NASA awards SpaceX three additional commercial crew missions

August 2024 · 3 minute read

Updated 5:30 p.m. Eastern with NASA comment on contract value.

WASHINGTON — NASA ordered three more commercial crew missions to the International Space Station from SpaceX Feb. 28 at a price of more than three-quarters of a billion dollars.

NASA formally announced a modification of its existing Commercial Crew Transportation Capability, or CCtCap, contract with SpaceX. The modification adds three missions to the original six operational, or post-certification, missions to the International Space Station covered by the original contract awarded in 2014.

The NASA announcement did not disclose the value of the contract modification, only that the total value of the contract was now $3.49 billion. According to a federal contract database, NASA issued a $776 million modification for the contract Feb. 28 for the three flights. NASA spokesman Josh Finch confirmed that figure March 3, noting the figure “includes ground, launch, in-orbit, return and recovery operations, and cargo transportation for each mission, as well as a lifeboat capability while docked to the International Space Station.”

Assuming all three additional flights carry four astronauts each, as have previous post-certification missions, the contact modification works out to a per-seat cost of $64.7 million. While NASA has not published per-seat prices in the past for commercial crew missions, NASA’s Office of Inspector General (OIG) estimated a cost of $55 million per seat for SpaceX’s original CCtCap contract in a November 2019 report. That increase of 17.6% is line with inflation between 2014 and 2022.

That price is significantly less than alternatives. NASA paid as much as $86 million for Soyuz seats in past contracts directly with Roscosmos. The same OIG report estimated a per-seat cost on Boeing’s CST-100 Starliner of $90 million under that company’s CCtCap contract.

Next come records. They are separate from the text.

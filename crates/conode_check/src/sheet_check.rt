//! Checking a data sheet.

ghost use Rattle.std.specs.Prelude.{◌≡◌, ◌⊎◌, ◌++◌, OnOk, IfOk, IfErr, Err, is_none, string_bytes};
ghost use Rattle.co_dict_build.specs.Capacities.{limits_view};
ghost use Rattle.conode_check.specs.SheetTexts.{
  checked_fault,
  checked_lines,
  is_good,
  joined,
  own_node,
  sheet_build_fault,
  sheet_lines,
};
ghost use Rattle.conode_io.specs.Written.{WritesFront, WritesLines, WritesSome};

use crate::sheet_text::{push_fault, push_sheet};
use co_dict_list::{BuildFault, Limits, ListStore};
use co_sheet::{FaultKind, Sheet, read};
use conode_io::{CmdFault, hand_over};
use std::alloc::{AllocError, Global};
use std::io::Write;

// why a sheet makes no dictionary for a node-ID; without a node-ID none is made
fn sheet_build_fault(
    alloc: Global,
    sheet: &Sheet<'_>,
    node: Option<u8>,
    limits: &Limits<'_>,
) -> Result<Option<BuildFault>, AllocError>
    ensures { IfOk result (λ fault.
        fault ≡ sheet_build_fault node (limits_view limits.now) sheet.now) }
{
    let Some(node_id) = node else {
        return Ok(None);
    };
    match ListStore::build(alloc, sheet, node_id, limits) {
        Ok(_) => Ok(None),
        Err(BuildFault::Memory) => Err(AllocError),
        Err(fault) => Ok(Some(fault)),
    }
}

// the node-ID of a sheet itself, if none is given
fn own_node(sheet: &Sheet<'_>, node: Option<u8>) -> Option<u8>
    ensures { result ≡ own_node node sheet.now }
{
    match node {
        Some(_) => None,
        None => sheet.node_id(),
    }
}

// appends what an accepted sheet has, and its build fault; returns whether it has none
fn push_accepted(
    alloc: Global,
    lines: &mut String,
    sheet: &Sheet<'_>,
    node: Option<u8>,
    limits: &Limits<'_>,
) -> Result<bool, AllocError>
    ensures accepted { IfOk result (λ accepted.
        accepted ≡ is_none (checked_fault node (limits_view limits.now) sheet.now)) }
    ensures text { OnOk result (string_bytes lines.new ≡ string_bytes lines.old
        ++ joined (sheet_lines sheet.now (own_node node sheet.now)
        (checked_fault node (limits_view limits.now) sheet.now))) }
{
    let own = own_node(sheet, node);
    let fault = sheet_build_fault(alloc, sheet, node.or(own), limits)?;
    push_sheet(lines, sheet, own, fault)?;
    Ok(fault.is_none())
}

// appends the lines of a text; returns whether there is neither a fault nor a build fault
#[tactic(auto, using(crate::proofs::CheckLemmas::accepted_text, crate::proofs::CheckLemmas::accepted_good))]
fn push_checked(
    alloc: Global,
    lines: &mut String,
    text: &[u8],
    node: Option<u8>,
    limits: &Limits<'_>,
) -> Result<bool, AllocError>
    ensures accepted { IfOk result (λ accepted.
        accepted ≡ is_good text.now node (limits_view limits.now)) }
    ensures text { OnOk result (string_bytes lines.new ≡ string_bytes lines.old
        ++ joined (checked_lines text.now node (limits_view limits.now))) }
{
    match read(alloc, text) {
        Ok(sheet) => push_accepted(alloc, lines, &sheet, node, limits),
        Err(fault) if fault.kind == FaultKind::Memory => Err(AllocError),
        Err(fault) => {
            push_fault(lines, fault)?;
            Ok(false)
        }
    }
}

/// Checks a data sheet (CiA 306), and with a node-ID whether a dictionary can be built from it.
/// Writes what the sheet has: `ok: 3 objects, 4 entries, 0 notes`, a line for each note, as
/// `note 12 SubNumber`, and its build fault, as `build fault 3 BadCobId 1800:01`. For a text that
/// is no sheet it writes the fault, as `fault 9 BadList line 1`. Returns whether there is neither a
/// fault nor a build fault. If no node-ID is given, the sheet's own counts (device commissioning),
/// and is written after the notes, as `node 5`.
///
/// All lines are made before the first is written, and the dictionary isn't kept. `Write` if the
/// writer failed: some of the lines have been written, and perhaps a part of the next one. `Memory`
/// if memory ran out: some of the lines have been written, never all.
#[tactic(auto, using(crate::proofs::CheckLemmas::none_written))]
pub fn check<W: Write>(
    alloc: Global,
    text: &[u8],
    node: Option<u8>,
    limits: &Limits<'_>,
    writer: &mut W,
) -> Result<bool, CmdFault>
    ensures accepted { IfOk result (λ accepted.
        accepted ≡ is_good text.now node (limits_view limits.now)) }
    ensures text { OnOk result (WritesLines (W.contents writer.old) (W.contents writer.new)
        (checked_lines text.now node (limits_view limits.now))) }
    ensures write { result ≡ Err CmdFault.Write →
        WritesFront (W.contents writer.old) (W.contents writer.new)
        (checked_lines text.now node (limits_view limits.now)) }
    ensures memory { result ≡ Err CmdFault.Memory →
        WritesSome (W.contents writer.old) (W.contents writer.new)
        (checked_lines text.now node (limits_view limits.now)) }
    ensures err { IfErr result (λ fault. (fault ≡ CmdFault.Write) ⊎ (fault ≡ CmdFault.Memory)) }
{
    let mut lines = String::new(alloc);
    let accepted = push_checked(alloc, &mut lines, text, node, limits)?;
    hand_over(lines.as_bytes(), writer)?;
    Ok(accepted)
}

Delays in the development of Starliner prompted NASA to award the additional SpaceX commercial crew missions. The fourth of the six original SpaceX post-certification missions, Crew-4, is scheduled to launch April 15, followed by Crew-5 in the fall. Depending on the status of Starliner, Crew-6, the last of the originally contracted missions, could then fly in the spring of 2023.

NASA announced Dec. 3 its intent to modify the SpaceX CCtCap contract to procure up to three additional missions. “Due to technical issues and the resulting delays experienced by Boeing, it is expected that SpaceX will launch its last [post-certification mission] in March 2023,” the agency stated in a procurement notice then.

Neither NASA nor Boeing have provided a recent update on progress on Starliner. In January, NASA said that Boeing was working toward a May launch of the vehicle on a second uncrewed test flight, OFT-2, a schedule it said depended on the readiness of the vehicle itself as well as launch schedules and activities at the ISS.